**WORK TASK:**
Search the data below for the word "front" and copy each line that holds it.
BEGIN GIVEN ENTRIES
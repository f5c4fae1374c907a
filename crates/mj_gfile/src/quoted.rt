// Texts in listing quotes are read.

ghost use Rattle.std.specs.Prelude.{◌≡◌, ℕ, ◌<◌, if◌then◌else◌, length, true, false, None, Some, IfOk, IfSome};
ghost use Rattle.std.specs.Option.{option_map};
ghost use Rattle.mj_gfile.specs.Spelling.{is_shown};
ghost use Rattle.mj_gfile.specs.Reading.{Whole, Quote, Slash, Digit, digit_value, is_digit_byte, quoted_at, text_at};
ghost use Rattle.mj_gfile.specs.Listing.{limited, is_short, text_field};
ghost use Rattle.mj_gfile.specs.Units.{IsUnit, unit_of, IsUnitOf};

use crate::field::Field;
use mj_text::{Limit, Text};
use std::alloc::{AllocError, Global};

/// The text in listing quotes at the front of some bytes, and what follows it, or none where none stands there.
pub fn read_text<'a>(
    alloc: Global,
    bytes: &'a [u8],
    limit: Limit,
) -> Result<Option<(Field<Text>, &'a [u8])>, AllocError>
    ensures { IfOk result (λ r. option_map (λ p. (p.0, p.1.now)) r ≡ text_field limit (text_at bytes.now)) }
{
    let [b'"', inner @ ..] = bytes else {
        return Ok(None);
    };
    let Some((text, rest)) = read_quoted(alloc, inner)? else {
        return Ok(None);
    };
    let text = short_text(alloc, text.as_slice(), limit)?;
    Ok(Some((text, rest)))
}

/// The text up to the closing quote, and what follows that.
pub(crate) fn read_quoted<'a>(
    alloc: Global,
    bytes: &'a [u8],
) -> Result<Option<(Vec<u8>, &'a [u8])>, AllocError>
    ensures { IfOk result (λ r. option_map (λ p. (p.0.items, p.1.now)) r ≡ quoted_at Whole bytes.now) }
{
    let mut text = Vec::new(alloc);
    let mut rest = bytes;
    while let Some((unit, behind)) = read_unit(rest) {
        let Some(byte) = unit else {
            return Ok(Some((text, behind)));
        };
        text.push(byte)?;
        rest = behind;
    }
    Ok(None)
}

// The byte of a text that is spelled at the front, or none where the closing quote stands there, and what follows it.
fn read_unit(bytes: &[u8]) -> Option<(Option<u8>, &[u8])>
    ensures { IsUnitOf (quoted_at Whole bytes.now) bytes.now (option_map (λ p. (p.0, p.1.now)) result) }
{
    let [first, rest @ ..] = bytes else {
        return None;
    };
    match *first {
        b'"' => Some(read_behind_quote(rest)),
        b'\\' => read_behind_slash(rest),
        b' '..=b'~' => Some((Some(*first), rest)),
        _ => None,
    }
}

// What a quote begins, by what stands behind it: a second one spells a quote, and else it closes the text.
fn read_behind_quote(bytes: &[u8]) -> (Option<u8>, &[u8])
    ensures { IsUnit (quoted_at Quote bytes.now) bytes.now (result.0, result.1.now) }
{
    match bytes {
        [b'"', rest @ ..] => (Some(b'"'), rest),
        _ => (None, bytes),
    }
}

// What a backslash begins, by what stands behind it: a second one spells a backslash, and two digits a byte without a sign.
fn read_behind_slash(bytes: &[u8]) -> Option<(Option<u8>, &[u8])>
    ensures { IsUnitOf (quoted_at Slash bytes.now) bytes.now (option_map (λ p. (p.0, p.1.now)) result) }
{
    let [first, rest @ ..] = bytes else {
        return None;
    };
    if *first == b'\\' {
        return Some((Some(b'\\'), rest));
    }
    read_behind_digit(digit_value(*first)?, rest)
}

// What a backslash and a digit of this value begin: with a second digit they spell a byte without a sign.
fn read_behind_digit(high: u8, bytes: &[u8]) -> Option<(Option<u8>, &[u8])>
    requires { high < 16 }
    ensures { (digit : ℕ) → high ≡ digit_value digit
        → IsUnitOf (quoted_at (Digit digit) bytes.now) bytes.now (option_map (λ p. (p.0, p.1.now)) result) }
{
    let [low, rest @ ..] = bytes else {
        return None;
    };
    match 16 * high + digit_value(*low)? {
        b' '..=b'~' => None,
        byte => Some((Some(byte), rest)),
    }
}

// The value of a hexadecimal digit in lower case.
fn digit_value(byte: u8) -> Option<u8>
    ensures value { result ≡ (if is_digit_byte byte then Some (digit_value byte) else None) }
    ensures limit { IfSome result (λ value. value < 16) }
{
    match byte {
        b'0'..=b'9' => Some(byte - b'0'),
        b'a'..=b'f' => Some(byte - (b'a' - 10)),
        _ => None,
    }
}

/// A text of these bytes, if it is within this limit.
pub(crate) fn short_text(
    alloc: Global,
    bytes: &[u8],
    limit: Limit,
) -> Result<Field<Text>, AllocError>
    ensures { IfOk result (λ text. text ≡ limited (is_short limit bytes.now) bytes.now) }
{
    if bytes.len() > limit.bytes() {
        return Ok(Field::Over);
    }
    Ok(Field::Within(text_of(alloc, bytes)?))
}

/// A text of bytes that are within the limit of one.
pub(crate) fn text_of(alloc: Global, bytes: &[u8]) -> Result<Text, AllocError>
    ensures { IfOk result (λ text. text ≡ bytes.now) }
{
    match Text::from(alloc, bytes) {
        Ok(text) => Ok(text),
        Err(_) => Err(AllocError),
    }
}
END GIVEN ENTRIES
**TASK RESULT:**
/// The text in listing quotes at the front of some bytes, and what follows it, or none where none stands there.
// The byte of a text that is spelled at the front, or none where the closing quote stands there, and what follows it.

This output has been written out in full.